[TASK PROMPT] From the entries below, return only the lines starting at the one that contains "(Message index (raw_of" and ending at the one that contains "self.messages[index as usize] = empty_slot();", exactly as they stand.

[GIVEN RECORDS]

****************

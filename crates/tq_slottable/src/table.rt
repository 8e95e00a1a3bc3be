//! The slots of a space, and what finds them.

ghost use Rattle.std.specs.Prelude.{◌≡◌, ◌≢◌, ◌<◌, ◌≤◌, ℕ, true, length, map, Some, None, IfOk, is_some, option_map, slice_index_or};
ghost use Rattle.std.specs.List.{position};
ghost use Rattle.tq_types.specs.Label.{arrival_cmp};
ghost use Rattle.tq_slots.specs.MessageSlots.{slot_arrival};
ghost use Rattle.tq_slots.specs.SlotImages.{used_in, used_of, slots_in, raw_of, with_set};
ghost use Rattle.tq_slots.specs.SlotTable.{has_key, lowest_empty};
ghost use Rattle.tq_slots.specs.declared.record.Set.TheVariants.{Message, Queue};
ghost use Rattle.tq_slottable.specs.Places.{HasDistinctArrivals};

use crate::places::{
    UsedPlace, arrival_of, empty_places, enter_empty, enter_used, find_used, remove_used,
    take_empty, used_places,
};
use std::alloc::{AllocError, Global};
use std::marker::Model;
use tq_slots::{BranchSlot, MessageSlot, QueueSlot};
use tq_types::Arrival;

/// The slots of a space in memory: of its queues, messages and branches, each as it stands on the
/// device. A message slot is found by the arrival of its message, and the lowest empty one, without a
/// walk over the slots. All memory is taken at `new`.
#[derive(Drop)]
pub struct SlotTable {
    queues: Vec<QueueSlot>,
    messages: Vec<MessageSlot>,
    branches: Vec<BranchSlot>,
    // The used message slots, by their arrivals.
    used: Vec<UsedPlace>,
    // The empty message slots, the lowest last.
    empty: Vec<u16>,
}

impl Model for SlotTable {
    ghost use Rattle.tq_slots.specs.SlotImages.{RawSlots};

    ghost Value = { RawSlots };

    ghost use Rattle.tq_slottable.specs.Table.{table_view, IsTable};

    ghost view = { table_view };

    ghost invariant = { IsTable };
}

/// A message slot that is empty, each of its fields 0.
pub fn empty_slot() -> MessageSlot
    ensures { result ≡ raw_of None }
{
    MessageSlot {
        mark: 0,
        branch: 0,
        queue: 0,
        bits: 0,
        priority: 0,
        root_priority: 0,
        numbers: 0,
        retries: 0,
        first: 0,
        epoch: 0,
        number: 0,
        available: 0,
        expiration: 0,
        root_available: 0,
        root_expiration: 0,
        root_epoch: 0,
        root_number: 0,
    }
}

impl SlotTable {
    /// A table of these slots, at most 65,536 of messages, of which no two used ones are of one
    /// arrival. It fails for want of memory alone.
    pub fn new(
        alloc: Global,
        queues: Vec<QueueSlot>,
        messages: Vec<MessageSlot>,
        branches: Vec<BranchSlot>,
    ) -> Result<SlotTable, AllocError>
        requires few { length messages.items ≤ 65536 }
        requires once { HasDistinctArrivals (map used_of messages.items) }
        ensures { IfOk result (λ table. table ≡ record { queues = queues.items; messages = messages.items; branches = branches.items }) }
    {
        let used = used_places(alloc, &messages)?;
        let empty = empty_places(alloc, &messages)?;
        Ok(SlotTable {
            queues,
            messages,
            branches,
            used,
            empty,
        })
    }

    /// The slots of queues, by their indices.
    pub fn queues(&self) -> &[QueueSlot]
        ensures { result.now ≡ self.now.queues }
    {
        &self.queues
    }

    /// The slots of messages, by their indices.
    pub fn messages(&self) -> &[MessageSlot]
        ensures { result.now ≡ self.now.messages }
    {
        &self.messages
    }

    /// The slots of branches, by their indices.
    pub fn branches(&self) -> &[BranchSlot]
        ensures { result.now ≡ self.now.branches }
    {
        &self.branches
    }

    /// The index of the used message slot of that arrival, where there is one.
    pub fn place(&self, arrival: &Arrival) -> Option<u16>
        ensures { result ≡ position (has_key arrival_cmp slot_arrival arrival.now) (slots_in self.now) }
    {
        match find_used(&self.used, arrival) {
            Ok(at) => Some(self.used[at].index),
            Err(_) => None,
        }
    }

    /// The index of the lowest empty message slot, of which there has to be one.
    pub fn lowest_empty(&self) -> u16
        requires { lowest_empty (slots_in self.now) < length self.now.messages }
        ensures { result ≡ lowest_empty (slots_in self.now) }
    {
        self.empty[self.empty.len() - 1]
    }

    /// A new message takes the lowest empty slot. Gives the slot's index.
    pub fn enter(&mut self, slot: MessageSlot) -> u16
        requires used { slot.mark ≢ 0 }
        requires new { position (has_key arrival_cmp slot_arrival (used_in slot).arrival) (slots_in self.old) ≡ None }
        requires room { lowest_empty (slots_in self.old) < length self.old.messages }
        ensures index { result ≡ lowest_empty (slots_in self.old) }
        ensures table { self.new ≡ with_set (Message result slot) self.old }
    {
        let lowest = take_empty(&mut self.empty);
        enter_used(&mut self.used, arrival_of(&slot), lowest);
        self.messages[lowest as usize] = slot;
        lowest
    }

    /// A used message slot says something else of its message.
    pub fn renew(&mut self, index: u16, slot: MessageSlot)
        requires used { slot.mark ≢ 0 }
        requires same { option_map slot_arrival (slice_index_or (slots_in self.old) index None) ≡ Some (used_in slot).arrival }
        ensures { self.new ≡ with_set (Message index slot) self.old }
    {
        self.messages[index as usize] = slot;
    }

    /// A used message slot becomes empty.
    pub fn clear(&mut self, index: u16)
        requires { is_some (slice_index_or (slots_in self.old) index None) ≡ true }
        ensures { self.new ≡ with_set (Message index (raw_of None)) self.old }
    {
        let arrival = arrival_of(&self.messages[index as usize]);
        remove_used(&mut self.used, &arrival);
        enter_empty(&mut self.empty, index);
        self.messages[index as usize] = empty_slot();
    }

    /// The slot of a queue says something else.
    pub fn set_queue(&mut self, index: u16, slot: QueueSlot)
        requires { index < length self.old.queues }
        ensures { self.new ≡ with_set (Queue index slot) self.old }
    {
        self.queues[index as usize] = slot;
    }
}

****************

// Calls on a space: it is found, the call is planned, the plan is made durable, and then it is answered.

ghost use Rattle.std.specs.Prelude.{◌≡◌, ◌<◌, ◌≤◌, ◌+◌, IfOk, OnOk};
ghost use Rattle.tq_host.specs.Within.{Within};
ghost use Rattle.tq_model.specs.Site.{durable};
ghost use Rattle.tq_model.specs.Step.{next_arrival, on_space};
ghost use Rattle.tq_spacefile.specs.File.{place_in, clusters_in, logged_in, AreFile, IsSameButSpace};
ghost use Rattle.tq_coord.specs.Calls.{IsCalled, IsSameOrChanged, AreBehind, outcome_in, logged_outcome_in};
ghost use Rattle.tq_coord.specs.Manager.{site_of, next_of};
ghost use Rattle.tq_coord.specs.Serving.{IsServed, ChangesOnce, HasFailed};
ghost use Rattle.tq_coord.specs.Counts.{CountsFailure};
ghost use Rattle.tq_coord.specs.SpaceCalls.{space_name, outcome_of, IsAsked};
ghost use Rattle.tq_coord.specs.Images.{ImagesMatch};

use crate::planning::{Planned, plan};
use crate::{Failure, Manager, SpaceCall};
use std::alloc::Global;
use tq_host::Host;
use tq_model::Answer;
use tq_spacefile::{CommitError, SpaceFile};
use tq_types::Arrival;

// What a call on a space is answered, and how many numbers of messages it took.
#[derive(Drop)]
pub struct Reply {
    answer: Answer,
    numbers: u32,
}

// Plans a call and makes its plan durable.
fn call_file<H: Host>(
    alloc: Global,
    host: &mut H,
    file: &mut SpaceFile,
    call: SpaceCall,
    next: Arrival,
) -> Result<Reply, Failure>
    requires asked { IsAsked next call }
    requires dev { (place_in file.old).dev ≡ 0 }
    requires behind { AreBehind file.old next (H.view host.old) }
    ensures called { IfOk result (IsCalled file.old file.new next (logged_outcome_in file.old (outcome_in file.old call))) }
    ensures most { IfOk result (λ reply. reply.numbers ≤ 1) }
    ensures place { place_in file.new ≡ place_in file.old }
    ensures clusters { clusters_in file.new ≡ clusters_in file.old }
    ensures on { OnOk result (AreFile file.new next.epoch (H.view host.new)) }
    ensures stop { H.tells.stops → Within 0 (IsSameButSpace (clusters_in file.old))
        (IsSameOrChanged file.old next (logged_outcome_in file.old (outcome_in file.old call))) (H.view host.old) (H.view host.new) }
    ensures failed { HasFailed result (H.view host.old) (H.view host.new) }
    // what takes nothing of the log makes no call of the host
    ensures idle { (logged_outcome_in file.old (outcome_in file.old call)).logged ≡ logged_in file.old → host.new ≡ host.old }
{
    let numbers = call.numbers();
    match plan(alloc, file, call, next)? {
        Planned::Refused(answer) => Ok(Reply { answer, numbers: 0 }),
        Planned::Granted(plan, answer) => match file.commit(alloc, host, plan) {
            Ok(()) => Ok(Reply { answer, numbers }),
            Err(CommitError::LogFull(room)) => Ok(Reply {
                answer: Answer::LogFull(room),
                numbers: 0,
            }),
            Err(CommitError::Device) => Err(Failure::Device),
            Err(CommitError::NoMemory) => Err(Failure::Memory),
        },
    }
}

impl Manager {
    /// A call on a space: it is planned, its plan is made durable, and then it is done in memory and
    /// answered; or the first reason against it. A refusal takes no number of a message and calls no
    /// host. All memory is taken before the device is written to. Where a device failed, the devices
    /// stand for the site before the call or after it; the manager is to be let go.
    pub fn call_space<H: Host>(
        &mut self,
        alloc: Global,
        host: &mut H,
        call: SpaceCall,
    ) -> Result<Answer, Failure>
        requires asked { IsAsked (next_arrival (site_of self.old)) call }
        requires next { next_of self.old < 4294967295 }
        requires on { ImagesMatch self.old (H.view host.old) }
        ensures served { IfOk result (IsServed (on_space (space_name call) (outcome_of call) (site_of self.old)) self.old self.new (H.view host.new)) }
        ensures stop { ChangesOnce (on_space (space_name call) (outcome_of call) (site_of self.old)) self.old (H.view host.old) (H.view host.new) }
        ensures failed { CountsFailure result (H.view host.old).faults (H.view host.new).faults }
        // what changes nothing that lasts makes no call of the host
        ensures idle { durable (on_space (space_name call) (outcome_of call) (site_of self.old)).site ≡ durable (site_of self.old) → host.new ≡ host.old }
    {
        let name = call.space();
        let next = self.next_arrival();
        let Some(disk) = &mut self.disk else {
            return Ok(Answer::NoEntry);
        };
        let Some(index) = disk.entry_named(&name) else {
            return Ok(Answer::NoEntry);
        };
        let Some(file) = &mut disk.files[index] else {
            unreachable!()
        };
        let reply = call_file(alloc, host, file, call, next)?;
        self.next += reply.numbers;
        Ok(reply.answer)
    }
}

****************

[YOUR SOLUTION]
        ensures { self.new ≡ with_set (Message index (raw_of None)) self.old }
    {
        let arrival = arrival_of(&self.messages[index as usize]);
        remove_used(&mut self.used, &arrival);
        enter_empty(&mut self.empty, index);
        self.messages[index as usize] = empty_slot();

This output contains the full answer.